I had a friend when I was a kid who ate a bunch of Milkbones once. I had them lying around and she just asked for the box and then started eating them. :shrug:


----------



## mroutdoorsman (Oct 4, 2010)

TOTW High Plains doesn't taste bad  Well it's not really good but I have had worse food.


----------



## Kris10 (Aug 26, 2010)

I ate a Milk Bone when I was a kid - on a dare. Not good-didn't like the little bone bits.


----------



## KZoppa (Aug 14, 2010)

i've tasted cat food. I was 8 or 9 and it was a dare for $50. Naturally $50 was a lot of money for an 8 or 9 year old so i did it. Won. Not even going to eat dog food. Thanks but no.


----------



## Syaoransbear (Sep 25, 2008)

I ate one of those treats for dogs that look exactly like normal cookies for humans(even the ingredients are the same). But it tasted stale and horrible!

I've never tried his dog food though. It doesn't smell that great.


----------



## shannonrae (Sep 9, 2010)

Yup! Glad to see I am not such a freak. After all I don't feed my dogs anything I wouldn't eat!


----------



## doggiedad (Dec 2, 2007)

yes, i've tasted my dogs kibble and can
food.


----------



## Good_Karma (Jun 28, 2009)

I've eaten the treats I make at home, but never anything store bought. I'm not much of a meat eater, so their food doesn't appeal to me at all.


----------



## ahazra (Aug 20, 2010)

I taste the ground beef and rice dinner I make for my dog..but then it's made from all human grade food..so no issues there. My daughter on the other hand has tasted the Milky Bones and surprisingly enough liked it !! Now I've to keep an eye on it and make sure she does not swipe some from our pet's plate !


----------



## mssandslinger (Sep 21, 2010)

i have tried milk bones, and also science diet and BB, just to see if they really tasted like they smell


----------



## W.Oliver (Aug 26, 2007)

I hate to admit, and if I'm gonna do it, this is the place....but I have pretty much sampled what I feed my GSD.
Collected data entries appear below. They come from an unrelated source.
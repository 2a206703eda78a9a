// The nearest word: of all error patterns that turn a word into a codeword the one with the fewest ones is put on it. Where more than one has
// them, the word stays as it is.
ghost use Rattle.std.specs.Prelude.{◌≡◌, ◌^◌, ◌≤◌, min, length};
ghost use Rattle.std.specs.Int.Bits.{bit_xor};
ghost use Rattle.bits.specs.Window.{at};
ghost use Rattle.inner_code.specs.Answer.{nearest_answer, nearest_reply};
ghost use Rattle.inner_code.specs.Sheet.{row_of};
ghost use Rattle.inner_code.specs.Code.{combination};
ghost use Rattle.inner_code.specs.Reduction.{searched, sole, step_to};

use crate::codewords::{MAX_CODEWORDS, list_codewords};
use crate::refusal::Refusal;
use crate::sheet::check_into;

// Where the rows are few there is room for their codewords alone: clearing room for every code costs more than searching so few words.
const FEW_ROWS: usize = 5;

const FEW_CODEWORDS: usize = 32;

// One step of the nearest word: the word that takes another's place, and how many bits that changes.
#[derive(Clone, Copy, Debug, PartialEq, Eq)]
pub struct Step {
    pub word: u16,
    pub changed: u32,
}

// The step to the nearest word of a word, by the sheet's rows. Refusals 1 to 6, then 12 for a word at or above 2^d.
pub fn nearest_word(sheet: &[u8], word: u64) -> Result<Step, Refusal>
    ensures { nearest_reply result ≡ nearest_answer sheet.now word }
{
    let mut basis = [0u16; 11];
    let values = check_into(sheet, &mut basis)?;
    if 1u64 << values.d <= word {
        return Err(Refusal::StrayBit);
    }
    Ok(nearest_of_rows(sheet, values.k, word as u16))
}

// The step to the nearest word by the first k rows; a k above 11 counts as 11.
fn nearest_of_rows(sheet: &[u8], k: usize, word: u16) -> Step
    ensures { result ≡ step_to word (searched (combination (row_of sheet.now) (min k 11)) (2 ^ min k 11) word) }
{
    if k <= FEW_ROWS {
        return list_and_search::<FEW_CODEWORDS>(sheet, k, word);
    }
    list_and_search::<MAX_CODEWORDS>(sheet, k, word)
}

// The same, where N is room for the codewords: they are listed there and searched.
fn list_and_search<const N: usize>(sheet: &[u8], k: usize, word: u16) -> Step
    requires room { 2 ^ min k 11 ≤ N }
    requires most { N ≤ 2048 }
    ensures { result ≡ step_to word (searched (combination (row_of sheet.now) (min k 11)) (2 ^ min k 11) word) }
{
    let mut words = [0u16; N];
    let count = list_codewords(sheet, k, &mut words);
    nearest_listed(&words[..count], word)
}

// More than ones * 65536 + pattern is for any pattern of 16 bits.
const NO_KEY: u32 = 1114112;

// The step to the word of a list that is nearest to `word`. Patterns are compared by the one number ones * 65536 + pattern, and by
// ones * 65536 + 65535 - pattern too: the least of the one is the first, the least of the other the last of the patterns with the fewest
// ones. Where these differ there is a tie, and the step is to `word` itself, as it is for an empty list.
pub fn nearest_listed(words: &[u16], word: u16) -> Step
    ensures { result ≡ step_to word (searched (at words.now) (length words.now) word) }
{
    let mut least: u32 = NO_KEY;
    let mut back: u32 = NO_KEY;
    for listed in words {
        let pattern = *listed ^ word;
        let ones = pattern.count_ones() * 65536;
        least = least.min(ones + pattern as u32);
        back = back.min(ones + (65535 - pattern as u32));
    }
    let first = (least % 65536) as u16;
    let last = 65535 - (back % 65536) as u16;
    put_on(word, sole(first, last))
}

// The first of the patterns with the fewest ones, where it is their last too, and else none.
fn sole(first: u16, last: u16) -> u16
    ensures { result ≡ sole first last }
{
    if first == last {
        return first;
    }
    0
}

// The step that a pattern makes: it is put on the word and changes as many bits as it has ones.
pub fn put_on(word: u16, pattern: u16) -> Step
    ensures { result ≡ step_to word (bit_xor word pattern) }
{
    Step {
        word: word ^ pattern,
        changed: pattern.count_ones(),
    }
}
Funny story, but true. Had another arguement with my wife about what the dog gets to eat. After 14 years and with my second GSD, I am dealing with allergies for the first time. First step was to immediately narrow the scope of her diet, followed by treating the symptoms...meds, soak in a tub of warm water, and a topical antibiotic for the spot or two that required it. Wednesday I come in and Dayna had just scarfed something down...I could tell....you know that look and the lip licking?? So in a voice of authority.."what did the dog just eat?"....and the answer comes back, "corn dogs the kids didn't finish".

Needless to say, I was upset....she has been on a restriced diet for a week, the spots where she had irritation have all cleared up, and the symptomatic scratching has subsided, so we feed her corn dogs! My well though out response was, "you cannot feed this  to my dog!", to which she pointed out, in a very angry tone, "that is what I feed your children". Allow me to point out that she and I have had this discussion before under less strained conditions....but I've just turned a corner in a very short time addressing my dog's issue, and she fed her CORN!!!
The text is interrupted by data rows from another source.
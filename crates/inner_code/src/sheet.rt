// The inner sheet: bytes d, k, then k rows of two bytes, high byte first.
ghost use Rattle.std.specs.Prelude.{◌≡◌, ◌≤◌};
ghost use Rattle.inner_code.specs.Checking.{SheetInto, RowsInto, SheetChecked};

use crate::membership::residue;
use crate::refusal::Refusal;

// The largest degree d and the most rows k of a sheet.
pub const MAX_DEGREE: usize = 16;

pub const MAX_ROWS: usize = 11;

// An accepted sheet's values.
#[derive(Clone, Copy, Debug, PartialEq, Eq)]
pub struct Sheet {
    pub d: usize,
    pub k: usize,
}

// Checks a sheet by refusals 1 to 6, and puts an echelon form of its rows at the front of `basis`, as many rows as come before the first
// faulty one, all k of an accepted sheet. The rest of `basis` stays.
pub fn check_into(sheet: &[u8], basis: &mut [u16; 11]) -> Result<Sheet, Refusal>
    ensures { SheetInto sheet.now basis.old result basis.new }
{
    if sheet.len() < 2 {
        return Err(Refusal::SheetShort);
    }
    let d = sheet[0] as usize;
    let k = sheet[1] as usize;
    if d < 2 || MAX_DEGREE < d {
        return Err(Refusal::DegreeOutOfRange);
    }
    if k < 1 || MAX_ROWS < k || d < k {
        return Err(Refusal::RowsOutOfRange);
    }
    if sheet.len() != 2 + 2 * k {
        return Err(Refusal::SheetLengthWrong);
    }
    check_rows(sheet, d, k, basis)
}

// Rows 0 to k - 1 in order, each by 5 and then 6, and their echelon form in `basis`.
fn check_rows(sheet: &[u8], d: usize, k: usize, basis: &mut [u16; 11]) -> Result<Sheet, Refusal>
    requires d_bound { d ≤ 16 }
    requires k_bound { k ≤ 11 }
    ensures { RowsInto sheet.now d k basis.old result basis.new }
{
    let limit = 1u32 << d;
    for i in 0..k {
        let row = bits::pair(sheet, 2 + 2 * i);
        if limit <= row as u32 {
            return Err(Refusal::RowTooLarge { row: i as u32 });
        }
        let left = residue(basis, i, row);
        if left == 0 {
            return Err(Refusal::RowDependent { row: i as u32 });
        }
        basis[i] = left;
    }
    Ok(Sheet { d, k })
}

// A checked sheet: its values or its refusal, and an echelon form of its rows, as many as come before the first faulty one, all k
// of an accepted sheet. The rest of `basis` is 0.
#[derive(Clone, Copy, Debug, PartialEq, Eq)]
pub struct CheckedSheet {
    pub sheet: Result<Sheet, Refusal>,
    pub basis: [u16; 11],
}

// The same check with the echelon form in its answer.
pub fn check_sheet(sheet: &[u8]) -> CheckedSheet
    ensures { SheetChecked sheet.now result }
{
    let mut basis = [0u16; 11];
    let values = check_into(sheet, &mut basis);
    CheckedSheet {
        sheet: values,
        basis,
    }
}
So yah, I taste what I feed my dog, with the exception of corn dogs, I wouldn't eat that crap.


----------



## mroutdoorsman (Oct 4, 2010)

lol hotdogs are barely human grade food!


----------



## we4elves (May 11, 2010)

Apparently..I barely remember this...My mother had to hide the dog food from me until I was almost 4...I guess it must taste pretty good!!!


----------



## Emoore (Oct 9, 2002)

Yes, it's very dry. I've also put a prong collar on my neck and gave myself a "correction." I won't put my dogs through anything I won't go through. Well, except for neutering.


----------



## BlackPuppy (Mar 29, 2007)

When I was a child, I used to eat the cat's food. 

I have sampled the dogs' kibble. Not the raw stuff, though.


----------



## Ruthie (Aug 25, 2009)

I haven't tried the kibble, but I have tried some of the treats just to see if they tasted as good as they smelled. The cherry hip bones smell really good and the Trader Joe cookies that smell like gingerbread. They were both bland. 

No wonder Bison LOVES my molasses crinkles! They are like doggie crack to him.


----------



## Hunther's Dad (Mar 13, 2010)

I just tried a piece of their kibble (Natural Balance Duck and Potato). It had almost no taste at all, just a slight cinnamon or ginger taste.


----------



## Deuce (Oct 14, 2010)

Man Wet Mighty Dog looked yummy when I was younger......


----------



## Lin (Jul 3, 2007)

Nope, I'm a vegetarian. However I have sampled rabbit foods and horse feeds before giving them to my pets. When I was a rabbit breeder I would always eat a few pellets in a new bag to ensure it was fresh. 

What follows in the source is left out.